Bench Memos

Law & the Courts

Divided Sixth Circuit Panel Rejects First Amendment Challenge to School’s Transgender Pronoun Policy

On Monday, a divided panel of the Sixth Circuit ruled (in Parents Defending Education v. Olentangy School District) that parents and students challenging a school district’s policy against the use of what the majority calls “non-preferred pronouns” were not entitled to injunctive relief on their First Amendment claim. In the majority’s summary, the policies “prohibit students from repeatedly and intentionally using non-preferred pronouns to refer to their classmates.”

Judge Jane Stranch wrote the majority opinion, which Judge Stephanie Dawkins Davis joined. Emphasizing that the “standard of review matters here,” Stranch concludes that plaintiffs failed to meet their “burden to show clearly that the factors weigh in its favor to such a degree that the extraordinary remedy of a preliminary injunction is warranted.”

Among the majority’s conclusions:

  • Because plaintiffs brought a pre-enforcement challenge, “no prohibited speech has yet occurred, and [the school district] cannot be faulted for failing to identify disruption from speech that is merely hypothesized.”
  • “Students who do not want to use their transgender classmates’ preferred pronouns may permissibly use no pronouns at all, and refer to their classmates using first names.”
  • The policies do not discriminate on the basis of viewpoint because they “proscribe harassment, misconduct, and other disruptive speech across a variety of categories” and allow students to “communicate their belief that sex is immutable through means other than the use of nonpreferred pronouns.”

Here is an excerpt from the opening of Judge Alice Batchelder’s powerful dissent (citations omitted):

As I understand it, the plaintiffs’ position—based on their scientific (biology, physiology, and genetics) and religious beliefs—is that biological gender is immutable, people are either male or female, and there is no such thing as “gender transition”; that is a made-up thing, imaginary or make believe, and a public school cannot force their children to pretend it is a real thing. Agree or disagree, but that is their position.

In that light, the speech at issue here concerns the existence of gender transition, not just a debate about gender-identity issues or misgendering. The Olentangy Local School District’s view—contrary to Parents Defending Education’s—is that there is such a thing as gender transition; it is real, worthy of recognition and, in fact, worthy of protection in the public schools. Why else would the District require preferred pronouns, prohibit biological pronouns, or press the odd compromise of no pronouns at all? Therefore, the governmental authority (the District) has taken a clear position (viewpoint) in which all of its captive subjects (students) must affirm the existence of gender transition (either through words or silence), regardless of their own view. This is a viewpoint-based regulation of speech.

And in this light, it is also compelled speech—the students’ only options begin from the District’s viewpoint that gender transition is a real thing; from there the students must conform their own expression around that viewpoint. The Constitution prohibits this….

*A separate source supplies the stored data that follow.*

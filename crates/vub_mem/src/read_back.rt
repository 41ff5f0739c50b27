ghost use Rattle.vub_mem.specs.ReadBack.{WritesAreReadBack};

/// Law: bytes that are written into guest memory are read back, where the range is covered and no two of its addresses
/// show one byte.
pub fn writes_are_read_back()
    ensures { WritesAreReadBack }
{}
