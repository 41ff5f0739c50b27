// The one that harvests a shared log.
ghost use Rattle.std.specs.Prelude.{◌≡◌, None, true, [], replicate};
ghost use Rattle.vub_log.specs.Notes.{NotesMark, NotesLoad, NotesHarvest, IsSpentAt, with_notes};
ghost use Rattle.vub_log.specs.Plain.{word_count};

use crate::shared::LogSeat;
use std::marker::Model;
use vub_mem::{DirtyLog, HarvestLog, LogError};

/// The one that harvests a shared log. It marks and loads as a seat does.
#[derive(Drop)]
pub struct Harvester {
    seat: LogSeat,
    generations: Vec<u32>,
}

impl Model for Harvester {
    ghost use Rattle.vub_log.specs.Notes.{Party};
    ghost use Rattle.vub_log.specs.Harvests.{IsHarvester};

    ghost Value = { Party };

    ghost view = { λ h. h.seat };

    ghost invariant = { IsHarvester };
}

impl Harvester {
    // The keeper of the harvests of a new log, with a generation of 0 for each word.
    pub(crate) fn new(seat: LogSeat, generations: Vec<u32>) -> Harvester
        requires keeps { seat.notes.keeps ≡ true }
        requires first { seat.notes.harvests ≡ [] }
        requires generations { generations.items ≡ replicate (word_count seat.len) 0 }
        ensures { result ≡ seat }
    {
        Harvester { seat, generations }
    }

    /// Notes what a seat of this log noted. The seat is gone, and its marks are the harvester's.
    pub fn take_in(&mut self, seat: LogSeat)
        requires { seat.log ≡ self.old.log }
        ensures { self.new ≡ record self.old { notes = with_notes self.old.notes seat.notes } }
    {
        self.seat.take_in(seat);
    }
}

impl DirtyLog for Harvester {
    ghost byte_len = { λ harvester. harvester.len };

    ghost log_bits = { λ _. None };

    ghost marks = { NotesMark };

    ghost loads = { NotesLoad };

    ghost marks_its_page = { λ old page new has goes. tt };

    ghost loads_its_byte = { λ old byte number new has goes. tt };

    fn len(&self) -> u64 {
        self.seat.len()
    }

    fn mark(&mut self, page: u64) {
        self.seat.mark(page);
    }

    fn load(&mut self, byte: u64) -> u8 {
        self.seat.load(byte)
    }
}

impl HarvestLog for Harvester {
    ghost harvests = { NotesHarvest };

    ghost spent = { IsSpentAt };

    ghost harvests_its_word = { λ old word number new has goes. tt };

    ghost spends_its_word = { λ harvester word has. tt };

    fn harvest(&mut self, word: u64) -> Result<u32, LogError> {
        let place = word as usize;
        let generation = self.generations[place];
        if generation == u32::MAX {
            return Err(LogError::GenerationsSpent);
        }
        let bits = self.seat.take_bits(word, generation);
        self.generations[place] = generation + 1;
        Ok(bits)
    }
}
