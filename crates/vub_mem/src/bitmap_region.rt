ghost use Rattle.std.specs.Prelude.{◌≡◌, ◌+◌, ℕ, true, Some};
ghost use Rattle.vub_mem.specs.Bits.{inner_bits, inner_bit, bitmap_answer, sliced};

use crate::bitmap::{Bitmap, BitmapReplace, MemRegionBitmap};
use crate::dirty::DirtyLog;
use crate::errors::LogError;
use crate::region::{AtomicBitmapMmap, Region};

impl MemRegionBitmap for AtomicBitmapMmap {
    ghost made = { bitmap_answer };

    fn new(
        region: &Region,
        object: u32,
        offset: u64,
        log_bytes: u64,
    ) -> Result<AtomicBitmapMmap, LogError> {
        AtomicBitmapMmap::new(region, object, offset, log_bytes)
    }
}

/// The bitmap of a region, if it has a log, from a place of the region on. (`BitmapMmapRegion` of the Rust crate
/// `vhost-user-backend`.)
#[derive(Clone, Copy, Debug, Default, PartialEq, Eq)]
pub struct BitmapMmapRegion {
    /// The bitmap of the whole region.
    pub inner: Option<AtomicBitmapMmap>,
    /// The place of the region that is place 0 here.
    pub base: u64,
}

impl Bitmap for BitmapMmapRegion {
    ghost bits = { λ b limit place n. inner_bits b.inner limit (b.base + place) n };

    ghost bit = { λ b limit place. inner_bit b.inner limit (b.base + place) };

    fn mark_dirty<L: DirtyLog>(&self, log: &mut L, offset: u64, len: u64) {
        match self.inner {
            None => {}
            Some(bitmap) => match self.base.checked_add(offset) {
                None => {}
                Some(place) => bitmap.mark_dirty(log, place, len),
            },
        }
    }

    fn dirty_at<L: DirtyLog>(&self, log: &mut L, offset: u64) -> bool {
        match self.inner {
            None => false,
            Some(bitmap) => match self.base.checked_add(offset) {
                None => false,
                Some(place) => bitmap.dirty_at(log, place),
            },
        }
    }

    /// Past place 2^64 - 1 there is no place: the slice has no bit then, and its base is 2^64 - 1.
    fn slice_at(&self, offset: u64) -> Self
        ensures value { result ≡ sliced self.now offset }
        ensures bits { (limit place n : ℕ)
            → inner_bits result.inner limit (result.base + place) n ≡ inner_bits self.now.inner limit
            (self.now.base + (offset + place)) n }
        ensures bit { (limit place : ℕ) → inner_bit result.inner limit (result.base + place) ≡ inner_bit
            self.now.inner limit (self.now.base + (offset + place)) }
    {
        match self.base.checked_add(offset) {
            None => BitmapMmapRegion {
                inner: None,
                base: u64::MAX,
            },
            Some(base) => BitmapMmapRegion { base, ..*self },
        }
    }
}

impl BitmapReplace for BitmapMmapRegion {
    type InnerBitmap = AtomicBitmapMmap;

    ghost TRACKS = { true };

    const TRACKS: bool = true;

    ghost replaced = { λ b bitmap. record b { inner = Some bitmap } };

    fn replace(&mut self, bitmap: AtomicBitmapMmap) {
        self.inner = Some(bitmap);
    }
}
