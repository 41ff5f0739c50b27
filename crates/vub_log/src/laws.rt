ghost use Rattle.vub_log.specs.Since.{StandsSinceHarvest, HasBits};
ghost use Rattle.vub_log.specs.Rule.{HoldWhereNoted, LoadsHold, CountHarvests};

/// A call on a log of dirty pages: a mark of a page, a load of a byte, a harvest of a word that is not refused.
#[derive(Clone, Copy, Debug, PartialEq, Eq)]
pub enum LogOp {
    Mark(u64),
    Load(u64),
    Harvest(u64),
}

/// Law: after any calls on a plain log a page is marked exactly where its bit stood or it was marked since the last
/// harvest of its word.
pub fn pages_stand_since_harvest()
    ensures { StandsSinceHarvest }
{}

/// Law: each byte of a plain log has the bits of its eight pages.
pub fn bytes_hold_the_bits()
    ensures { HasBits }
{}

/// Law: after any steps on a shared log, in any order, a mark holds exactly where some party noted it: in its word, or
/// in the harvest of its number. So no mark is lost, and no bit stands or was harvested but by a mark of its page. Each
/// load showed such bits alone. Each word's generation is the number of its harvests.
pub fn notes_hold()
    ensures marks { HoldWhereNoted }
    ensures loads { LoadsHold }
    ensures generations { CountHarvests }
{}
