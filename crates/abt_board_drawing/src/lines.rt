// The channels that hold something, by sender, then receiver, each with its messages from the head
// on.
ghost use Rattle.std.specs.Prelude.{◌≡◌, ◌∷◌, ◌++◌, ◌-◌, ◌≤◌, ◌<◌, true, codes, OnOk};
ghost use Rattle.model_network.specs.Lines.{is_channel};
ghost use Rattle.abt_agent.specs.Abstract.{message_of};
ghost use Rattle.abt_record.specs.Abstract.{network_of};
ghost use Rattle.abt_board_drawing.specs.Text.{message_text, messages_behind, line_start, line_line, lines_of, line_lines};
ghost use Rattle.abt_board_drawing.specs.Waiting.{waiting, others};

use crate::put_number;
use crate::sides::put_left_side;
use abt_agent::Message;
use abt_packed::digit;
use abt_record::Network;
use abt_shape::places::{channel_at, place_at};
use std::alloc::AllocError;

#[tactic(auto, unfolding(crate::specs::Text::message_text, abt_agent::specs::Abstract::message_of, abt_agent::specs::Abstract::assigned))]
fn put_message(out: &mut Vec<u8>, m: Message) -> Result<(), AllocError>
    ensures { OnOk result (out.new.items ≡ out.old.items ++ message_text (message_of m)) }
{
    match m {
        Message::Info(value) => {
            out.extend_from_slice(b"news ")?;
            put_number(out, u64::from(value))
        }
        Message::Back(value, lhs) => {
            out.extend_from_slice(b"refusal ")?;
            put_number(out, u64::from(value))?;
            out.extend_from_slice(b":")?;
            put_left_side(out, lhs.unpack())
        }
        Message::AddLink => out.extend_from_slice(b"link"),
    }
}

// The message that stands k places behind the head of a channel.
#[tactic(auto, using(abt_shape::proofs::Numbering::ends))]
fn put_waiting(out: &mut Vec<u8>, r: &Network, from: u8, to: u8, k: u8) -> Result<(), AllocError>
    requires { (is_channel from to ≡ true) × (k < 16) }
    ensures { OnOk result (out.new.items ≡ out.old.items ++ message_text (waiting r.now from to k)) }
{
    let head = digit(r.heads[from as usize - 1], to);
    let place = r.places[place_at(channel_at(from, to), head, k)];
    put_message(out, place.message)
}

// The same behind a comma.
fn put_next(out: &mut Vec<u8>, r: &Network, from: u8, to: u8, k: u8) -> Result<(), AllocError>
    requires { (is_channel from to ≡ true) × (k < 16) }
    ensures { OnOk result (out.new.items ≡ out.old.items ++ (codes ", " ++ message_text (waiting r.now from to k))) }
{
    out.extend_from_slice(b", ")?;
    put_waiting(out, r, from, to, k)
}

// The messages behind the head of a channel that holds `count` of them.
fn put_others(out: &mut Vec<u8>, r: &Network, from: u8, to: u8, count: u8) -> Result<(), AllocError>
    requires { (is_channel from to ≡ true) × (1 ≤ count) × (count ≤ 16) }
    ensures { OnOk result (out.new.items ≡ out.old.items ++ messages_behind (others r.now from to (count - 1))) }
{
    for k in 1..count {
        put_next(out, r, from, to, k)?;
    }
    Ok(())
}

#[tactic(auto, unfolding(crate::specs::Text::line_start))]
fn put_line_start(out: &mut Vec<u8>, from: u8, to: u8) -> Result<(), AllocError>
    ensures { OnOk result (out.new.items ≡ out.old.items ++ line_start from to) }
{
    out.extend_from_slice(b"line ")?;
    put_number(out, u64::from(from))?;
    out.extend_from_slice(b" to ")?;
    put_number(out, u64::from(to))?;
    out.extend_from_slice(b": ")
}

// The channel from one agent to another, which holds `count` messages.
#[tactic(auto, unfolding(crate::specs::Text::line_line, model_base::specs::Decimal::newline))]
fn put_line(out: &mut Vec<u8>, r: &Network, from: u8, to: u8, count: u8) -> Result<(), AllocError>
    requires { (is_channel from to ≡ true) × (1 ≤ count) × (count ≤ 16) }
    ensures { OnOk result (out.new.items ≡ out.old.items ++ line_line from to (waiting r.now from to 0 ∷ others r.now from to (count - 1))) }
{
    put_line_start(out, from, to)?;
    put_waiting(out, r, from, to, 0)?;
    put_others(out, r, from, to, count)?;
    out.extend_from_slice(b"\n")
}

// The channel from one agent to another, where it holds something.
#[tactic(auto, using(abt_shape::proofs::Numbering::ends))]
fn put_channel(out: &mut Vec<u8>, r: &Network, from: u8, to: u8) -> Result<(), AllocError>
    requires { is_channel from to ≡ true }
    ensures { OnOk result (out.new.items ≡ out.old.items ++ line_line from to ((network_of r.now).channel from to)) }
{
    let count = digit(r.counts[from as usize - 1], to);
    if count == 0 {
        Ok(())
    } else {
        put_line(out, r, from, to, count)
    }
}

// The channels of one sender.
fn put_channels_of(out: &mut Vec<u8>, r: &Network, from: u8) -> Result<(), AllocError>
    requires { (1 ≤ from) × (from ≤ 12) }
    ensures { OnOk result (out.new.items ≡ out.old.items ++ lines_of (network_of r.now) from) }
{
    for to in 1..=12 {
        if from != to {
            put_channel(out, r, from, to)?;
        }
    }
    Ok(())
}

/// Appends a line for each channel that holds something, by sender, then receiver, to `out`.
/// `AllocError` where memory runs out. Equals `line_lines` of specs/Text.antt.
pub fn put_channels(out: &mut Vec<u8>, r: &Network) -> Result<(), AllocError>
    ensures { OnOk result (out.new.items ≡ out.old.items ++ line_lines (network_of r.now)) }
{
    for from in 1..=12 {
        put_channels_of(out, r, from)?;
    }
    Ok(())
}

The majority also concludes that there is no viewpoint problem here because the District has expressed no view about whether gender transition is good or bad, and the students remain free to discuss or debate it. That is like saying the school has taken no viewpoint on ghosts when it has students debate whether ghosts are good or evil. But the plaintiffs’ point would be that there is no such thing as ghosts! And the school has no business forcing children to believe in ghosts. Again, whether you agree or disagree, PDE’s position is that gender transition is fictitious, just like ghosts. [Emphasis in original.]